▶ [EXERCISE INSTRUCTIONS]
Word for word, retype every record in the listing.
※ ※ ※
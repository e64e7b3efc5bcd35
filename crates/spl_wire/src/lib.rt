//! What happens at a cell, and what is answered; messages between nodes, and records of journals.
#![tactic(auto)]

mod answer;
mod body;
mod change;
mod event;
mod laws;
mod message;
mod packing;
mod plan;
mod record;

pub use answer::{Answer, BatchStatus, Bit, Entries, Entry, Refusal};
pub use change::Change;
pub use event::Event;
pub use laws::{groups_have_all_changes, no_message_begins_another, no_record_begins_another};
pub use message::{LONGEST_MESSAGE, Message};
pub use packing::{PackedRecords, packed_records};
pub use plan::{Outgoing, Plan, SendList};
pub use record::{ChangeList, Record};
※ ※ ※
▶ [FINISHED EXERCISE]
repository e64e7b3efc5bcd35
filename crates/spl_wire/src/lib.rt
//! What happens at a cell, and what is answered; messages between nodes, and records of journals.
#![tactic(auto)]

mod answer;
mod body;
mod change;
mod event;
mod laws;
mod message;
mod packing;
mod plan;
mod record;

pub use answer::{Answer, BatchStatus, Bit, Entries, Entry, Refusal};
pub use change::Change;
pub use event::Event;
pub use laws::{groups_have_all_changes, no_message_begins_another, no_record_begins_another};
pub use message::{LONGEST_MESSAGE, Message};
pub use packing::{PackedRecords, packed_records};
pub use plan::{Outgoing, Plan, SendList};
pub use record::{ChangeList, Record};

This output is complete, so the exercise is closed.